In Example 94 of Counterexamples in Topology. In the example itself, it is written that the space is completely regular. But in the appendix at the end of the book, it is written that the space is regular but not completely regular. Which one is correct?

Thank you!

94. Thomas' Corkscrew

Let $X = \bigcup_{i=0}^\infty L_i$ be the union of lines in the plane where $L_0 = \{ (x,0) \mid x \in (0,1) \}$, and for $i \geq 1$, $L_i = \{ ( x , \frac{1}{i} \mid x \in [0,1) \}$. If $i > 0$, each point of $L_i$ except for $(0,\frac{1}{i})$ is open; basis neighborhoods of $(0,\frac{1}{i})$ are subsets of $L_i$ with finite complements. Similarly, the sets $U_i(x,0) = \{ (x,0) \} \cup \{ (x,\frac{1}{n}) \mid n > i \}$ form a basis for the points in $L_0$.

1. Every basis neighborhood of $X$ is closed as well as open, so $X$ is zero dimensional and therefore regular since it is clearly T1.

2. $X$ is also completely regular since if $C$ is a closed set and $p \notin C$, ...

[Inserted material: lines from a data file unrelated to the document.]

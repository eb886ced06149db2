ghost use Rattle.std.specs.Prelude.{◌<◌};

/// How many slots there are for the names of records.
const SLOTS: usize = 64;

/// How many bytes the last line of each record type had. The next line of that type mostly has as many.
///
/// This is a guess that the search for a line's end tries first. No contract rests on it.
#[derive(Drop)]
pub(crate) struct LineLengths {
    /// The lengths, by the slot of the record's name. Names that share a slot only spoil each other's guess.
    last: [usize; SLOTS],
}

impl LineLengths {
    /// Before the first line.
    pub(crate) fn new() -> LineLengths {
        LineLengths { last: [0; SLOTS] }
    }

    /// The guess for the length in bytes of the line at the front of a text.
    #[inline(always)]
    pub(crate) fn guess(&self, text: &[u8]) -> usize {
        self.last[slot(text)]
    }

    /// Keeps the length of a line.
    #[inline(always)]
    pub(crate) fn pass(&mut self, line: &[u8]) {
        self.last[slot(line)] = line.len();
    }
}

/// The slot of the name that a line begins with. Most names of CWR's details have a slot of their own.
#[inline(always)]
fn slot(line: &[u8]) -> usize
    ensures { result < 64 }
{
    match line {
        [first, second, third, ..] => {
            (*first as usize + 3 * (*second as usize + *third as usize)) % SLOTS
        }
        _ => 0,
    }
}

5 If we use copies of Thomas' plank to build a corkscrew (as in the Tychonoff corkscrew) we can obtain a regular space which is not Urysohn, since every continuous function $f$ will be constant except for a countable set on coordinate axes at each level of the corkscrew. Thus if $p^+$ and $p^-$ are the infinity points, $f(p^+) = f(p^-)$.
Note that this implies that Thomas' Corkscrew is not completely regular, since $\{ p^- \}$ would be a closed set not containing $p^+$ which cannot be separated from $p^+$ by a continuous real-valued function.